UTF-8 is a variable length encoding format where the first 128 characters (1st octet) are the original ASCII character set – bare bones text, numbers and simple punctuation without an support for foreign language or special characters. All characters in the global Unicode character set can be encoded using one to four 8-bit bytes (octet). UTF-8 is the dominant character encoding used on the Web, in email and with XML/HTML.

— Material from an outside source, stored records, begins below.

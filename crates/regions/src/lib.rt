// Regions of ten floats by value, and merging those that touch.
#![tactic(auto)]

ghost use Rattle.std.specs.Prelude.{◌≡◌, cond, ◌++◌, [], reverse, ◌+◌, ◌-◌, ◌*◌, ◌≤◌, ◌<◌, length, take, drop, replicate};
ghost use Rattle.lists.specs.Parts.{block, patch};
ghost use Rattle.floats.specs.Floats.{zero64};
ghost use Rattle.machine.specs.Merge.{take1, grown, remaining, take_in, gather, insert, ordered, merged};
ghost use Rattle.regions.specs.Regions.{meet_of, touches_of, union_of, merging, flat, region_at, regions_in};
ghost use Rattle.regions.specs.Reports.{word_for, word_number, report_slice};

// The ranges of the first and of the second line, and the lowest and the highest corner of a box.
#[derive(Clone, Copy)]
pub struct Region {
    pub a0: f64,
    pub a1: f64,
    pub b0: f64,
    pub b1: f64,
    pub x0: f64,
    pub y0: f64,
    pub z0: f64,
    pub x1: f64,
    pub y1: f64,
    pub z1: f64,
}

// A report's first word.
#[derive(Clone, Copy, Debug, PartialEq, Eq)]
pub enum Word {
    Complete,
    Budget,
    Unseparated,
}

// The word's number, as other programs are handed it.
impl From<Word> for u8 {
    ghost from_gives = { λ word n. n ≡ word_number word };

    fn from(word: Word) -> u8 {
        match word {
            Word::Complete => 0,
            Word::Budget => 1,
            Word::Unseparated => 2,
        }
    }
}

// What one pass leaves: the region as grown, and how many stay.
#[derive(Clone, Copy)]
struct Swept {
    grown: Region,
    kept: usize,
}

// Whether two closed ranges meet.
pub fn meet(a0: f64, a1: f64, b0: f64, b1: f64) -> bool
    ensures { result ≡ meet_of a0 a1 b0 b1 }
{
    a0 <= b1 && b0 <= a1
}

// Whether the ranges of both lines meet; the boxes take no part.
fn touches(a: Region, b: Region) -> bool
    ensures { result ≡ touches_of a b }
{
    meet(a.a0, a.a1, b.a0, b.a1) && meet(a.b0, a.b1, b.b0, b.b1)
}

// The smallest ranges and the smallest box that hold both.
fn union(a: Region, b: Region) -> Region
    ensures { result ≡ union_of a b }
{
    Region {
        a0: floats::min(a.a0, b.a0),
        a1: floats::max(a.a1, b.a1),
        b0: floats::min(a.b0, b.b0),
        b1: floats::max(a.b1, b.b1),
        x0: floats::min(a.x0, b.x0),
        y0: floats::min(a.y0, b.y0),
        z0: floats::min(a.z0, b.z0),
        x1: floats::max(a.x1, b.x1),
        y1: floats::max(a.y1, b.y1),
        z1: floats::max(a.z1, b.z1),
    }
}

// r in the i-th place of ten floats.
pub fn store(s: &mut [f64], i: usize, r: Region)
    requires { (i + 1) * 10 ≤ length s.old }
    ensures { s.new ≡ patch s.old (i * 10) (flat r) }
{
    lists::put(
        s,
        i * 10,
        [r.a0, r.a1, r.b0, r.b1, r.x0, r.y0, r.z0, r.x1, r.y1, r.z1],
    );
}

// The region in the i-th place of ten floats.
pub fn load(s: &[f64], i: usize) -> Region
    requires { (i + 1) * 10 ≤ length s.now }
    ensures { result ≡ region_at (block 10 i s.now) }
{
    let at = i * 10;
    Region {
        a0: s[at],
        a1: s[at + 1],
        b0: s[at + 2],
        b1: s[at + 3],
        x0: s[at + 4],
        y0: s[at + 5],
        z0: s[at + 6],
        x1: s[at + 7],
        y1: s[at + 8],
        z1: s[at + 9],
    }
}

// One turn of a pass: the grown region takes r in, or r stays behind those that stay.
fn sweep_one(out: &mut [f64], s: Swept, r: Region) -> Swept
    requires { (s.kept + 1) * 10 ≤ length out.old }
    ensures grown_value { (result.grown ≡ take1 merging (touches_of s.grown r) s.grown r) × (result.kept ≡ cond (touches_of s.grown r) s.kept (s.kept + 1)) }
    ensures out_after { out.new ≡ cond (touches_of s.grown r) out.old (patch out.old (s.kept * 10) (flat r)) }
{
    let grown = s.grown;
    let kept = s.kept;
    if touches(grown, r) {
        return Swept {
            grown: union(grown, r),
            kept,
        };
    }
    store(out, kept, r);
    Swept {
        grown,
        kept: kept + 1,
    }
}

// One pass over the first n regions: r takes in those that it touches, as grown so far; the others stay in order.
fn sweep(out: &mut [f64], n: usize, r: Region) -> Swept
    requires { n * 10 ≤ length out.old }
    ensures grown_value { (result.grown ≡ grown merging r (regions_in n out.old))
        × (result.kept ≡ length (remaining merging r (regions_in n out.old)))
        × (result.kept ≤ n) }
    ensures out_after { (regions_in result.kept out.new ≡ remaining merging r (regions_in n out.old))
        × (drop (n * 10) out.new ≡ drop (n * 10) out.old) }
{
    let mut s = Swept { grown: r, kept: 0 };
    for i in 0..n {
        s = sweep_one(out, s, load(out, i));
    }
    s
}

// r taken into the first n regions: passes until one takes in nothing, then r as grown behind what stays. Answers how many there are.
fn absorb(out: &mut [f64], n: usize, r: Region) -> usize
    requires { (n + 1) * 10 ≤ length out.old }
    ensures value { (result ≡ length (take_in merging r (regions_in n out.old))) × (result ≤ n + 1) }
    ensures out_after { (regions_in result out.new ≡ take_in merging r (regions_in n out.old))
        × (drop ((n + 1) * 10) out.new ≡ drop ((n + 1) * 10) out.old) }
{
    let mut had = n;
    let mut s = sweep(out, n, r);
    // no `for`: how many passes there are is not known before
    while s.kept < had {
        had = s.kept;
        s = sweep(out, had, s.grown);
    }
    store(out, had, s.grown);
    had + 1
}

// The first n regions of raw, taken from the end, each with those that it touches merged. Answers how many there are.
fn gather(raw: &[f64], n: usize, out: &mut [f64]) -> usize
    requires { (n * 10 ≤ length raw.now) × (n * 10 ≤ length out.old) }
    ensures { (result ≤ n)
        × (regions_in result out.new ≡ gather merging (reverse (regions_in n raw.now)) [])
        × (drop (n * 10) out.new ≡ drop (n * 10) out.old) }
{
    let mut m = 0usize;
    for i in (0..n).rev() {
        m = absorb(out, m, load(raw, i));
    }
    m
}

// Region k moved up behind each of the regions k + 1 .. n - 1 that starts before it.
fn insert(out: &mut [f64], k: usize, n: usize)
    requires { (k < n) × (n * 10 ≤ length out.old) }
    ensures out_after { regions_in n out.new
        ≡ take k (regions_in n out.old) ++ insert merging (region_at (block 10 k out.old))
        (drop (k + 1) (regions_in n out.old)) }
    ensures out_unchanged { drop (n * 10) out.new ≡ drop (n * 10) out.old }
{
    let r = load(out, k);
    let mut j = k;
    // no `for`: the loop ends at the first region that doesn't start before r
    while j + 1 < n && out[(j + 1) * 10] < r.a0 {
        store(out, j, load(out, j + 1));
        j += 1;
    }
    store(out, j, r);
}

// The first n regions ordered by first start, equal starts as they came.
fn sort(out: &mut [f64], n: usize)
    requires { n * 10 ≤ length out.old }
    ensures { (regions_in n out.new ≡ ordered merging (regions_in n out.old))
        × (drop (n * 10) out.new ≡ drop (n * 10) out.old) }
{
    for k in (0..n).rev() {
        insert(out, k, n);
    }
}

// The first n regions of raw merged, then +0 up to n regions; the rest of `out` stays. Answers how many merged ones there are.
pub fn merged(raw: &[f64], n: usize, out: &mut [f64]) -> usize
    requires { (n * 10 ≤ length raw.now) × (n * 10 ≤ length out.old) }
    ensures value { result ≡ length (merged merging (regions_in n raw.now)) }
    ensures out_after { out.new ≡ report_slice n (merged merging (regions_in n raw.now)) out.old }
{
    let m = gather(raw, n, out);
    sort(out, m);
    out[m * 10..n * 10].fill(0.0);
    m
}

// A report's word, by how many nodes were given up and how many are left.
pub fn word_of(given: usize, left: usize) -> Word
    ensures { result ≡ word_for given left }
{
    if left > 0 {
        return Word::Budget;
    }
    if given > 0 {
        Word::Unseparated
    } else {
        Word::Complete
    }
}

All of the visual effects added by today’s word processing programs such as typefaces, font sizes, colors, line and paragraph spacing, tables and graphics are unavailable in this simple yet important format. Characters are equally spaced their positioning is the only formatting that’s available. Text is pulled out of databases, spreadsheets and other repositories. Often, there is a need to extract information and feed it into a mark-up or formatting system to eventually present it to end-users in an presentable format. Text is also used to generate keywords, abstracts and excerpts for HTML-based systems, content management systems and search/indexing applications.
Frequently Asked Questions
When using one of the text extraction tools – either via command-line or API, you can choose to:
- completely strip the text of white space, non-printing characters, etc
- extract text while preserving the placement of all characters on a page
- generate excepts or abstracts
It depends on what you mean by “formatted”. With ASCII text, “formatted” means that the characters are in certain positions on a page. A few examples would be:
- when text is printed on a check, the text must be in specific areas for the check to print accurately
- when spreadsheets are saved as text, it’s important to see what’s in each column.
- if reports are converted to ASCII, the data should be in the correct tables
- if a form is converted to text, the descriptions must align with corresponding fields for data
With the text extraction tools from Visual Integrity, you can count on precision placement of each character. Since the format does not support attributes such as bold, underline or italic, these will all be sacrificed in the conversion process.